Search the records for the word "OtherWhole" and report each line that has it.
___ Dataset records ___
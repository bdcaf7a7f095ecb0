//! INTEGERs and BOOLEANs, and their types.

/// The type of a scalar.
#[derive(Clone, Copy, PartialEq, Eq)]
pub enum ScalarType {
    Integer,
    Boolean,
}

/// An INTEGER or a BOOLEAN.
#[derive(Clone, Copy, PartialEq, Eq)]
pub enum Scalar {
    Int(i32),
    Bool(bool),
}

impl Default for Scalar {
    ghost use Rattle.std.specs.Prelude.{◌≡◌, pos};
    ghost use Rattle.ob_interface.specs.declared.scalar.Scalar.TheVariants.{Int};

    ghost is_default = { λ s. s ≡ Int (pos 0) };

    fn default() -> Scalar {
        Scalar::Int(0)
    }
}
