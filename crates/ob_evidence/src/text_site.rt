//! A place in a text, and what stands around it.

ghost use Rattle.std.specs.Prelude.{◌≡◌, IfOk};
ghost use Rattle.ob_evidence.specs.Sites.{IsScene, here, is_kind, is_token, kind_of, kind_or_name, last, line_of, next, rest_of};
ghost use Rattle.ob_evidence.specs.Sites.{scene_in, scene_of, second, second_of, word, word_of};

use ob_explain_names::declarations::first_of;
use ob_explain_names::known::Known;
use ob_explain_names::lookup::name_at;
use ob_explain_names::visible::visible_names;
use ob_explain_sentences::place::place_in;
use ob_explain_tokens::around::{tokens_before, tokens_behind, tokens_of};
use ob_scan::{Kind, Token};
use std::alloc::{AllocError, Global};

/// What is found around a place of a text.
#[derive(Drop)]
pub struct Around {
    /// The tokens of the text, those before the place, the last one first, and those behind it.
    pub tokens: Vec<Token>,
    pub before: Vec<Token>,
    pub behind: Vec<Token>,
    /// The names that are visible at the place.
    pub known: Vec<Known>,
}

/// A place in a text, with what is found around it.
#[derive(Clone, Copy)]
pub struct Site<'t, 'a> {
    pub text: &'t [u8],
    pub place: usize,
    pub tokens: &'a [Token],
    pub before: &'a [Token],
    pub behind: &'a [Token],
    pub known: &'a [Known],
}

/// What stands around a place of a text.
pub fn look_around(alloc: Global, text: &[u8], place: usize) -> Result<Around, AllocError>
    ensures { IfOk result (λ found. IsScene text.now place (scene_in text.now place found)) }
{
    let tokens = tokens_of(alloc, text)?;
    let before = tokens_before(alloc, &tokens, place)?;
    let behind = tokens_behind(alloc, &tokens, place)?;
    let known = visible_names(alloc, text, place)?;
    Ok(Around {
        tokens,
        before,
        behind,
        known,
    })
}

impl Around {
    /// The place of the text around which this was found.
    pub fn site<'t, 'a>(&'a self, text: &'t [u8], place: usize) -> Site<'t, 'a>
        ensures { scene_of result ≡ scene_in text.now place self.now }
    {
        Site {
            text,
            place,
            tokens: &self.tokens,
            before: &self.before,
            behind: &self.behind,
            known: &self.known,
        }
    }
}

impl<'t, 'a> Site<'t, 'a> {
    /// The token at the place.
    pub fn here(&self) -> Option<Token>
        ensures { result ≡ here (scene_of self.now) }
    {
        let place = self.place;
        self.tokens
            .iter()
            .copied()
            .find(|token| token.start == place)
    }

    /// The last token before it.
    pub fn last(&self) -> Option<Token>
        ensures { result ≡ last (scene_of self.now) }
    {
        first_of(self.before)
    }

    /// The last but one.
    pub fn second(&self) -> Option<Token>
        ensures { result ≡ second (scene_of self.now) }
    {
        second_of(self.before)
    }

    /// The next one behind it.
    pub fn next(&self) -> Option<Token>
        ensures { result ≡ next (scene_of self.now) }
    {
        first_of(self.behind)
    }

    /// The word at the place; empty where a number or a symbol stands there.
    pub fn word(&self) -> &'t [u8]
        ensures { result.now ≡ word (scene_of self.now) }
    {
        name_at(self.text, self.place)
    }

    /// The word that a token is; empty where it is a number or a symbol, or there is none.
    pub fn word_of(&self, token: Option<Token>) -> &'t [u8]
        ensures { result.now ≡ word_of self.now.text.now token }
    {
        match token {
            Some(token) => name_at(self.text, token.start),
            None => b"",
        }
    }
}

/// The second of tokens.
fn second_of(tokens: &[Token]) -> Option<Token>
    ensures { result ≡ second_of tokens.now }
{
    match tokens {
        [_, second, ..] => Some(*second),
        _ => None,
    }
}

/// All tokens but the first.
pub fn rest_of(tokens: &[Token]) -> &[Token]
    ensures { result.now ≡ rest_of tokens.now }
{
    match tokens {
        [_, rest @ ..] => rest,
        [] => tokens,
    }
}

/// What a token is.
pub fn kind_of(token: Option<Token>) -> Option<Kind>
    ensures { result ≡ kind_of token }
{
    match token {
        Some(token) => Some(token.kind),
        None => None,
    }
}

/// Whether a token is there.
pub fn is_token(token: Option<Token>) -> bool
    ensures { result ≡ is_token token }
{
    match token {
        Some(_) => true,
        None => false,
    }
}

/// Whether a token is there, and of this kind.
pub fn is_kind(token: Option<Token>, kind: Kind) -> bool
    ensures { result ≡ is_kind token kind }
{
    match token {
        Some(token) => token.kind == kind,
        None => false,
    }
}

/// What a token is; a name where there is none.
pub fn kind_or_name(token: Option<Token>) -> Kind
    ensures { result ≡ kind_or_name token }
{
    match token {
        Some(token) => token.kind,
        None => Kind::Ident,
    }
}

/// The line in which a token stands.
pub fn line_of(text: &[u8], token: Option<Token>) -> usize
    ensures { result ≡ line_of text.now token }
{
    match token {
        Some(token) => place_in(text, token.start).line,
        None => 0,
    }
}
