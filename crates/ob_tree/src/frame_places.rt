//! Where the frames of the procedures that have called another one begin.

ghost use Rattle.std.specs.Prelude.{◌≡◌, ◌<◌, ◌≤◌, [], ◌∷◌, length, IfOk, MatchOption};

use std::alloc::{AllocError, Global};
use std::marker::Model;

/// At most 63 heights of the stack, in memory that is reserved once; those below the count, the last one on top.
#[derive(Drop)]
pub struct Frames {
    heights: Vec<usize>,
    count: usize,
}

impl Model for Frames {
    ghost use Rattle.std.specs.Prelude.{List, ℕ, ◌≡◌, ◌≤◌, length, take, reverse};

    ghost Value = { List ℕ };

    ghost view = { λ f. reverse (take f.count f.heights.items) };

    ghost invariant = { λ f. (f.count ≤ 63) × (length f.heights.items ≡ 63) };
}

impl Frames {
    /// As many procedures as there can be that have called another one.
    pub const LIMIT: usize = 63;

    /// No heights, with memory for as many as there can be.
    pub fn new(alloc: Global) -> Result<Frames, AllocError>
        ensures { IfOk result (λ f. f ≡ []) }
    {
        Ok(Frames {
            heights: vec![in alloc; 0; Frames::LIMIT]?,
            count: 0,
        })
    }

    /// How many procedures have called another one that has not returned.
    pub fn len(&self) -> usize
        ensures value { result ≡ length self.now }
        ensures limit { result ≤ 63 }
    {
        self.count
    }

    /// Takes all of them. The memory stays.
    pub fn clear(&mut self)
        ensures { self.new ≡ [] }
    {
        self.count = 0;
    }

    /// Adds the last one.
    pub fn push(&mut self, height: usize)
        requires { length self.old < 63 }
        ensures { self.new ≡ height ∷ self.old }
    {
        self.heights[self.count] = height;
        self.count += 1;
    }

    /// Takes the last one.
    pub fn pop(&mut self) -> Option<usize>
        ensures { MatchOption result ((self.old ≡ []) × (self.new ≡ [])) (λ h. self.old ≡ h ∷ self.new) }
    {
        if self.count == 0 {
            return None;
        }
        self.count -= 1;
        Some(self.heights[self.count])
    }
}
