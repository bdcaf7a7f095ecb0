//! Names that stand as whole statements, and are meant to be END.

ghost use Rattle.ob_evidence.specs.Lone.{AreLone};
ghost use Rattle.ob_evidence.specs.Sites.{scene_of};

use crate::nearest_names::leads_to_statement;
use crate::small_keywords::is_new;
use crate::text_site::Site;
use ob_explain_sentences::first_word::is_same_in_any_case;
use ob_explain_tokens::actuals::ends_call;
use ob_explain_words::distance::distance;
use ob_scan::{Kind, Token};

/// Words that other languages have for END.
const ENDS: [&str; 12] = [
    "ENDIF",
    "FI",
    "OD",
    "WEND",
    "ENDWHILE",
    "ENDFOR",
    "ENDDO",
    "ENDLOOP",
    "ENDPROC",
    "ENDPROCEDURE",
    "DONE",
    "ESAC",
];

/// The last name before the place, in what this token opens, that stands as a whole statement and is meant to be END.
pub fn lone_end(site: &Site<'_, '_>, opening: Option<Token>) -> Option<Token>
    ensures { AreLone (scene_of site.now) result }
{
    let Some(opening) = opening else {
        return None;
    };
    for token in site.before {
        if token.start <= opening.start {
            return None;
        }
        if let Some(name) = lone(site, *token) {
            return Some(name);
        }
    }
    None
}

/// This name, if it is meant to be END, stands before the place as a whole statement, and the text does not declare it.
fn lone(site: &Site<'_, '_>, name: Token) -> Option<Token>
    ensures { AreLone (scene_of site.now) result }
{
    if !is_end(site.word_of(Some(name))) || !is_alone(site.tokens, name) {
        return None;
    }
    if name.start < site.place && is_new(site, name) {
        Some(name)
    } else {
        None
    }
}

/// Whether a token is a whole statement: it stands right behind one that leads to a statement, and right before one that ends it.
fn is_alone(tokens: &[Token], name: Token) -> bool {
    let mut before = Kind::Ident;
    for token in tokens {
        if token.start > name.start {
            return leads_to_statement(before) && ends_call(token.kind);
        }
        if token.start < name.start {
            before = token.kind;
        }
    }
    false
}

/// Whether a word is END but for small letters, one letter or two that are swapped, or what other languages have for it.
fn is_end(word: &[u8]) -> bool {
    if distance(word, b"END") <= 1 {
        return true;
    }
    for end in &ENDS {
        if is_same_in_any_case(word, end.as_bytes()) {
            return true;
        }
    }
    false
}
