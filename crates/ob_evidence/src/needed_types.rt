//! Which type stands at a place, and which is needed there.

ghost use Rattle.std.specs.Prelude.{◌≡◌, IfOk, OnOk};
ghost use Rattle.ob_evidence.specs.Sites.{scene_of};
ghost use Rattle.ob_evidence.specs.Types.{form_ended, found_there, is_same, of_expression, of_sign, operator_at, operator_by, or_other};
ghost use Rattle.ob_evidence.specs.Types.{sign_behind, told, type_of, types_there, wanted_by, wanted_there, with_whole};
ghost use Rattle.ob_explain_parts.specs.Forms.{other};

use crate::facts::note;
use crate::text_site::{Site, is_kind};
use ob_explain_parts::handed_parameter::parameter_form;
use ob_explain_parts::operand_types::{
    Form, Role, form_before, form_behind, form_instead, other, role_of,
};
use ob_explain_sentences::table_rows::{Fact, Type};
use ob_explain_tokens::around::tokens_behind;
use ob_explain_tokens::operand_tokens::{ends_operand, is_relation};
use ob_scan::{Kind, Token};
use std::alloc::{AllocError, Global};

/// The type that is needed, and the one that stands there.
#[derive(Clone, Copy)]
pub struct Types {
    pub wanted: Type,
    pub found: Type,
}

/// What is known of types at a place; what may be seen goes to the facts.
pub fn types_there(
    facts: &mut Vec<Fact>,
    alloc: Global,
    site: &Site<'_, '_>,
) -> Result<Types, AllocError>
    ensures { IfOk result (λ types. types ≡ types_there (scene_of site.now)) }
{
    let first = form_before(alloc, site.text, site.known, site.tokens, site.before)?;
    let second = form_behind(alloc, site.text, site.known, site.tokens, site.behind)?;
    let is_compared = meets_relation(site.before) || meets_relation(site.behind);
    note(facts, is_compared, Fact::Compared)?;
    match operator_at(site) {
        Operator::Numbers => of_operator(facts, Form::Integer, first, second),
        Operator::Truths => of_operator(facts, Form::Boolean, first, second),
        Operator::Relation => of_relation(facts, first, second),
        Operator::Sign(taken) => of_sign(facts, alloc, site, taken, second),
        Operator::None => of_expression(facts, alloc, site),
    }
}

/// What stands at the place: an operator between operands of these types, a sign or `~` that takes this one, or none.
#[derive(Clone, Copy)]
pub enum Operator {
    Numbers,
    Truths,
    Relation,
    Sign(Form),
    None,
}

fn operator_at(site: &Site<'_, '_>) -> Operator
    ensures { result ≡ operator_at (scene_of site.now) }
{
    match site.here() {
        Some(here) => operator_by(here.kind, site.last()),
        None => Operator::None,
    }
}

/// What a token is as an operator, behind this one.
fn operator_by(here: Kind, last: Option<Token>) -> Operator
    ensures { result ≡ operator_by here last }
{
    match here {
        Kind::Times
        | Kind::Less
        | Kind::LessOrEqual
        | Kind::Greater
        | Kind::GreaterOrEqual
        | Kind::Div
        | Kind::Mod => Operator::Numbers,
        Kind::And | Kind::Or => Operator::Truths,
        Kind::Equal | Kind::NotEqual => Operator::Relation,
        Kind::Not => Operator::Sign(Form::Boolean),
        Kind::Plus | Kind::Minus => sign_behind(last),
        _ => Operator::None,
    }
}

/// A sign, or behind an operand an operator.
fn sign_behind(last: Option<Token>) -> Operator
    ensures { result ≡ sign_behind last }
{
    match last {
        Some(last) if ends_operand(last.kind) => Operator::Numbers,
        _ => Operator::Sign(Form::Integer),
    }
}

/// At an operator that takes operands of this type.
fn of_operator(
    facts: &mut Vec<Fact>,
    wanted: Form,
    first: Form,
    second: Form,
) -> Result<Types, AllocError>
    ensures { IfOk result (λ types. types ≡ told wanted (other wanted)) }
{
    let fact = if is_same(other(wanted), first) {
        Fact::WrongBefore
    } else if is_same(wanted, first) || is_same(other(wanted), second) {
        Fact::WrongBehind
    } else if is_same(wanted, second) {
        Fact::WrongBefore
    } else {
        Fact::WrongSide
    };
    facts.push(fact)?;
    Ok(told(wanted, other(wanted)))
}

/// At an operator that compares.
fn of_relation(facts: &mut Vec<Fact>, first: Form, second: Form) -> Result<Types, AllocError>
    ensures { IfOk result (λ types. types ≡ told first second) }
{
    let before = match first {
        Form::Integer | Form::Boolean => first,
        _ => other(second),
    };
    let fact = match before {
        Form::Integer => Fact::IntegerFirst,
        Form::Boolean => Fact::BooleanFirst,
        _ => Fact::NoPair,
    };
    facts.push(fact)?;
    Ok(told(first, second))
}

/// At a sign or a `~` that takes this type, before an operand of that one.
fn of_sign(
    facts: &mut Vec<Fact>,
    alloc: Global,
    site: &Site<'_, '_>,
    taken: Form,
    behind: Form,
) -> Result<Types, AllocError>
    ensures { IfOk result (λ types. types ≡ of_sign (scene_of site.now) taken behind) }
{
    if is_same(taken, behind) {
        return of_expression(facts, alloc, site);
    }
    let fact = if is_same(other(taken), behind) {
        Fact::WrongSigned
    } else {
        Fact::UnknownSigned
    };
    facts.push(fact)?;
    Ok(told(taken, behind))
}

/// At an expression of another type than is wanted there.
fn of_expression(
    facts: &mut Vec<Fact>,
    alloc: Global,
    site: &Site<'_, '_>,
) -> Result<Types, AllocError>
    ensures { IfOk result (λ types. types ≡ of_expression (scene_of site.now)) }
{
    let wanted = wanted_there(alloc, site)?;
    let found = found_there(facts, alloc, site, wanted)?;
    Ok(told(wanted, or_other(wanted, found)))
}

/// The type of an expression in place of the wanted one.
fn found_there(
    facts: &mut Vec<Fact>,
    alloc: Global,
    site: &Site<'_, '_>,
    wanted: Form,
) -> Result<Form, AllocError>
    requires { wanted ≡ wanted_there (scene_of site.now) }
    ensures { IfOk result (λ found. found ≡ found_there (scene_of site.now)) }
{
    let from = tokens_behind(alloc, site.tokens, site.place.saturating_sub(1))?;
    let role = role_of(
        alloc,
        site.text,
        site.known,
        site.tokens,
        site.before,
        &from,
    )?;
    let found = form_instead(
        alloc,
        site.text,
        site.known,
        site.tokens,
        wanted,
        role,
        &from,
    )?;
    note_expression(facts, site, role, wanted, found)?;
    Ok(found)
}

/// A type; the other one where it is not known.
fn or_other(wanted: Form, found: Form) -> Form
    ensures { result ≡ or_other wanted found }
{
    match found {
        Form::Unknown => other(wanted),
        _ => found,
    }
}

/// Which type an expression has to be of at the place.
fn wanted_there(alloc: Global, site: &Site<'_, '_>) -> Result<Form, AllocError>
    ensures { IfOk result (λ wanted. wanted ≡ wanted_there (scene_of site.now)) }
{
    match site.before {
        [last, rest @ ..] => wanted_by(alloc, site, last.kind, rest),
        [] => Ok(Form::Unknown),
    }
}

/// Which type it has to be of behind a token and those before that.
fn wanted_by(
    alloc: Global,
    site: &Site<'_, '_>,
    last: Kind,
    rest: &[Token],
) -> Result<Form, AllocError>
    ensures { IfOk result (λ wanted. wanted ≡ wanted_by (scene_of site.now) last rest.now) }
{
    match last {
        Kind::Assign => form_before(alloc, site.text, site.known, site.tokens, rest),
        Kind::LeftParen | Kind::Comma => {
            parameter_form(alloc, site.text, site.known, site.tokens, site.before)
        }
        Kind::If | Kind::Elsif | Kind::While | Kind::Until => Ok(Form::Boolean),
        Kind::Array | Kind::LeftBracket => Ok(Form::Integer),
        _ => Ok(Form::Unknown),
    }
}

/// Notes what is told of an expression whose first operand has this role, by the type that is wanted and the one that is found.
fn note_expression(
    facts: &mut Vec<Fact>,
    site: &Site<'_, '_>,
    role: Role,
    wanted: Form,
    found: Form,
) -> Result<(), AllocError> {
    if matches!(role, Role::Compared) && matches!(found, Form::Array | Form::Record) {
        facts.push(Fact::WholeCompared)?;
        return Ok(());
    }
    let is_assigned = is_kind(site.last(), Kind::Assign);
    let is_actual = matches!(role, Role::Actual);
    let fact = match wanted {
        Form::Integer | Form::Boolean if matches!(role, Role::Joined) => Some(operand_than(found)),
        Form::Integer | Form::Boolean => Some(other_than(found)),
        Form::Array => Some(match found {
            _ if is_assigned => Fact::ArrayAssigned,
            Form::Array if is_actual => Fact::TwoArrays,
            Form::Array => Fact::ArrayThere,
            _ => other_than(found),
        }),
        Form::Record => Some(match found {
            _ if is_assigned => Fact::RecordAssigned,
            Form::Record if is_actual => Fact::TwoRecords,
            Form::Record => Fact::RecordThere,
            _ => other_than(found),
        }),
        _ => match found {
            Form::Array => Some(Fact::ArrayThere),
            Form::Record => Some(Fact::RecordThere),
            _ => None,
        },
    };
    let Some(fact) = fact else {
        return Ok(());
    };
    let is_other = matches!(
        fact,
        Fact::OtherSingle | Fact::OtherWhole | Fact::OtherUnknown
    );
    note(facts, is_other, Fact::Other)?;
    note(facts, true, fact)?;
    let is_whole = matches!(fact, Fact::ArrayAssigned | Fact::RecordAssigned);
    let is_single = matches!(other_than(found), Fact::OtherSingle);
    note(facts, is_whole && is_single, Fact::OtherSingle)
}

/// What is told of an expression of this type where another one is wanted.
fn other_than(found: Form) -> Fact {
    match found {
        Form::Integer | Form::Boolean | Form::Single => Fact::OtherSingle,
        Form::Array | Form::Record => Fact::OtherWhole,
        Form::Unknown => Fact::OtherUnknown,
    }
}

/// The same of the first operand of several.
fn operand_than(found: Form) -> Fact {
    match found {
        Form::Array => Fact::ArrayThere,
        Form::Record => Fact::RecordThere,
        _ => other_than(found),
    }
}

/// Notes a whole array or a whole record that stands before the place.
pub fn note_whole(
    facts: &mut Vec<Fact>,
    alloc: Global,
    site: &Site<'_, '_>,
) -> Result<(), AllocError>
    ensures { OnOk result (facts.new.items ≡ with_whole facts.old.items (form_ended (scene_of site.now))) }
{
    match form_ended(alloc, site)? {
        Form::Array => note(facts, true, Fact::ArrayBefore),
        Form::Record => note(facts, true, Fact::RecordBefore),
        _ => Ok(()),
    }
}

/// Of which type what stands before the place is, by the tokens up to there.
fn form_ended(alloc: Global, site: &Site<'_, '_>) -> Result<Form, AllocError>
    ensures { IfOk result (λ form. form ≡ form_ended (scene_of site.now)) }
{
    let tokens: Vec<Token> = site.before.iter().rev().copied().collect(alloc)?;
    form_before(alloc, site.text, site.known, &tokens, site.before)
}

/// Whether operands and operators on them lead to a relation.
fn meets_relation(tokens: &[Token]) -> bool {
    let other = tokens
        .iter()
        .copied()
        .find(|token| !is_of_operand(token.kind));
    match other {
        Some(token) => is_relation(token.kind),
        None => false,
    }
}

fn is_of_operand(kind: Kind) -> bool {
    matches!(
        kind,
        Kind::Ident
            | Kind::Number
            | Kind::Dot
            | Kind::LeftBracket
            | Kind::RightBracket
            | Kind::Plus
            | Kind::Minus
            | Kind::Or
            | Kind::Times
            | Kind::Div
            | Kind::Mod
            | Kind::And
            | Kind::Not
    )
}

/// Whether a type is this one of single values.
fn is_same(single: Form, form: Form) -> bool
    ensures { result ≡ is_same single form }
{
    match single {
        Form::Integer => matches!(form, Form::Integer),
        Form::Boolean => matches!(form, Form::Boolean),
        _ => false,
    }
}

fn told(wanted: Form, found: Form) -> Types
    ensures { result ≡ told wanted found }
{
    Types {
        wanted: type_of(wanted),
        found: type_of(found),
    }
}

/// A type, as it is told.
fn type_of(form: Form) -> Type
    ensures { result ≡ type_of form }
{
    match form {
        Form::Integer => Type::Integer,
        Form::Boolean => Type::Boolean,
        Form::Single => Type::Single,
        Form::Array => Type::Array,
        Form::Record => Type::Record,
        Form::Unknown => Type::Unknown,
    }
}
___
▶ _Answer for this exercise_
        Fact::OtherSingle | Fact::OtherWhole | Fact::OtherUnknown
        Form::Array | Form::Record => Fact::OtherWhole,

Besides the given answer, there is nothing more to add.